I am not a fan of cold weather, so when winter arrives here in the northeast I love heading to tropical climates to escape the frozen landscape and enjoy some warm weather birding. This year I decided to head to Colombia for the first time. Colombia hosts more bird species than any other country (>1,900 species!), but for many years was underbirded due to security issues. Although the US Department of State still issues warnings about where to go, what to do, and what NOT to do, things have stabilized substantially, and birders and birding tours are returning to Colombia. In the next few posts I will try to relay impressions from my first birding trip to Colombia.

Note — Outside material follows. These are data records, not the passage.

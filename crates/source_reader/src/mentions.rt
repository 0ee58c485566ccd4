//! The names of the files that statements include. MIL-STD-1753: INCLUDE.

ghost use Rattle.std.specs.Prelude.{◌≡◌, ◌++◌, [], IfOk};
ghost use Rattle.std.specs.Option.{option_to_list};
ghost use Rattle.fortran_lexemes.specs.declared.kinds.StmtKind.TheVariants as kind;
ghost use Rattle.fortran_grammar.specs.UnitsOfFile.{pieces_of, may_stand};
ghost use Rattle.stmt_lex.specs.SeenTokens.{seen};
ghost use Rattle.source_acceptance.specs.SourceFiles.{quoted_name, included_name, names_in, first_mentions};
ghost use Rattle.source_reader.specs.Mentions.{mentioned_in_cards, name_where_it_stands, is_include, span_of, span_behind, quoted_span};

use cards::Cards;
use expression_parse::constant_text;
use f_tree::Text;
use fortran_lexemes::StmtKind;
use fortran_text::{Character, Statement};
use plain_data::Items;
use std::alloc::{AllocError, Global};
use std::collections::HashSet;
use stmt_lex::{LexFail, Span, Token, classify, tokens};

/// The length of the text of one card, in columns.
const ONE_CARD: usize = 66;

/// The names of files, each once, in the order in which they are first mentioned.
pub(crate) fn first_mentions(alloc: Global, mentions: &[Text]) -> Result<Items<Text>, AllocError>
    ensures { IfOk result (λ names. names ≡ first_mentions [] mentions.now) }
{
    let mut names = Items::new(alloc);
    let mut seen = HashSet::new(alloc);
    for name in mentions {
        if seen.insert(name.as_slice())? {
            names.push(Items::from_slice(alloc, name.as_slice())?)?;
        }
    }
    Ok(names)
}

/// The names of the files that files include, in the order in which they are mentioned, each as often as it is.
pub(crate) fn mentioned_in_files(alloc: Global, files: &[Cards]) -> Result<Items<Text>, AllocError>
    ensures { IfOk result (λ names. names ≡ mentioned_in_cards files.now) }
{
    let mut names = Items::new(alloc);
    for cards in files {
        names.append(names_in(alloc, cards.statements())?)?;
    }
    Ok(names)
}

/// The names of the files that statements include.
fn names_in(alloc: Global, statements: &[Statement]) -> Result<Items<Text>, AllocError>
    ensures { IfOk result (λ names. names ≡ names_in statements.now) }
{
    let mut names = Items::new(alloc);
    for statement in statements {
        names = with_name(names, included_name(alloc, statement)?)?;
    }
    Ok(names)
}

/// Names, and one more, if there is one.
fn with_name(names: Items<Text>, name: Option<Text>) -> Result<Items<Text>, AllocError>
    ensures { IfOk result (λ more. more ≡ names ++ option_to_list name) }
{
    let mut names = names;
    match name {
        Some(name) => {
            names.push(name)?;
            Ok(names)
        }
        None => Ok(names),
    }
}

/// The name of the file that a statement includes, where it is an INCLUDE statement in its grammar.
#[tactic(auto, unfolding(source_acceptance::specs::SourceFiles::included_name, source_acceptance::specs::SourceFiles::name_by))]
pub(crate) fn included_name(
    alloc: Global,
    statement: &Statement,
) -> Result<Option<Text>, AllocError>
    ensures { IfOk result (λ name. name ≡ included_name statement.now) }
{
    match classify(false, statement.label.is_some(), statement.text.as_slice()) {
        Some(StmtKind::Include) => name_that_stands(alloc, statement),
        _ => Ok(None),
    }
}

/// The name in an INCLUDE statement, where that may stand so: without a label and on one card.
fn name_that_stands(alloc: Global, statement: &Statement) -> Result<Option<Text>, AllocError>
    ensures { IfOk result (λ name. name ≡ name_where_it_stands statement.now) }
{
    if may_stand(statement) {
        quoted_name(alloc, statement)
    } else {
        Ok(None)
    }
}

/// Whether an INCLUDE statement may stand so.
#[tactic(auto, unfolding(fortran_grammar::specs::UnitsOfFile::may_stand))]
fn may_stand(statement: &Statement) -> bool
    ensures { result ≡ may_stand kind.Include statement.now }
{
    statement.label.is_none() && statement.text.len() == ONE_CARD
}

/// The name in an INCLUDE statement.
fn quoted_name(alloc: Global, statement: &Statement) -> Result<Option<Text>, AllocError>
    ensures { IfOk result (λ name. name ≡ quoted_name (pieces_of kind.Include statement.now)) }
{
    match tokens(
        alloc,
        StmtKind::Include,
        statement.label.is_some(),
        statement.text.as_slice(),
    ) {
        Ok(list) => name_of_tokens(alloc, list.text(), list.tokens()),
        Err(LexFail::Refused(_)) => Ok(None),
        Err(LexFail::NoMemory) => Err(AllocError),
    }
}

/// The name that tokens write, if they are the word INCLUDE and a constant.
#[tactic(auto, using(crate::proofs::NameLemmas::name_in_span, crate::proofs::NameLemmas::no_name_in_span))]
fn name_of_tokens(
    alloc: Global,
    text: &[Character],
    tokens: &[Token],
) -> Result<Option<Text>, AllocError>
    ensures { IfOk result (λ name. name ≡ quoted_name (seen text.now tokens.now)) }
{
    match quoted_span(tokens) {
        Some(span) => Ok(Some(constant_text(alloc, text, span)?)),
        None => Ok(None),
    }
}

/// Where the constant stands, if tokens are the word INCLUDE and a constant.
fn quoted_span(tokens: &[Token]) -> Option<Span>
    ensures { result ≡ quoted_span tokens.now }
{
    match tokens {
        [first, second] => span_behind(*first, *second),
        _ => None,
    }
}

/// Where a constant stands behind the word INCLUDE.
fn span_behind(first: Token, second: Token) -> Option<Span>
    ensures { result ≡ span_behind first second }
{
    if is_include(first) {
        span_of(second)
    } else {
        None
    }
}

/// Whether a token is the word INCLUDE.
fn is_include(token: Token) -> bool
    ensures { result ≡ is_include token }
{
    match token {
        Token::Word(kind) => kind == StmtKind::Include,
        _ => false,
    }
}

/// Where a constant stands.
fn span_of(token: Token) -> Option<Span>
    ensures { result ≡ span_of token }
{
    match token {
        Token::Quoted(span) => Some(span),
        _ => None,
    }
}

But perhaps it would be helpful to begin with some broad information and what we tried to do. To get a sense of perspective, Colombia is a relatively large country, slightly larger than Texas and California combined, and 4x as large as Ecuador. In addition, it is bisected by three arms of the northern Andes (the eastern, western, and central cordilleras) each separated by wide valleys, and also contains coastline on both the Pacific and Atlantic Oceans, expansive high plains (the Llanos), Amazonian lowlands, and the world’s highest coastal mountain range (the Sierra Nevada range) that is separate from the Andes. This size and geographical diversity results in biological diversity, but also creates difficulty for visitors who try to cover too much territory in too little time. So how does a birder cover all that terrain? The big name commercial birding tours that focus on maximum species numbers try to sample much of the country in a single tour, usually over a two-to-three week time frame, with lots of travel time interspersed with relatively short birding stops. That exhausting and frantic pace is not my kind of birding. So instead, my friend Pete and I decided to cover a relatively small area at a more leisurely pace, focusing on the coastal Sierra Nevada range. Commercial birding tours often offer this region as a six day extension, but we decided to cover the same area in a more leisurely twelve day time frame. We contacted Sebastian Ballesteros, a local freelance birder/guide/photographer who along with his brother David runs a small hostel and nature preserve called Faunal, located a few short miles above the town of Minca. Sebastian agreed to guide us for about half of the days and to leave us to bird by ourselves on the other days, resulting in a nice combination of guided and solo birding. Sebastian speaks English very well, which was a great help for two Americans who speak muy poquito Spanish, and provided excellent service. Our version of the ‘Santa Marta extension’ begins in Barranquilla on the Atlantic coast, we’ll spend nearly a week at different altitudes proceeding along the long rugged rocky road that climbs up from Minca to the San Lorenzo Ridge in pursuit of Santa Marta endemics, we’ll return back to the coast to bird in the dry scrub of the Guajira region, and then return for a few relaxing days in low dry forest and a final afternoon in Bogota.
Today we left behind the massive storm that delivered ~22 inches of snow to NJ a few days ago. The timing was fortunate, since there was enough time to clear away the snow and the backlog of flights, and our flights were not delayed. We caught some sleep during a long layover in the Bogota airport, and arrived in sunny Barranquilla ready for some tropical birding.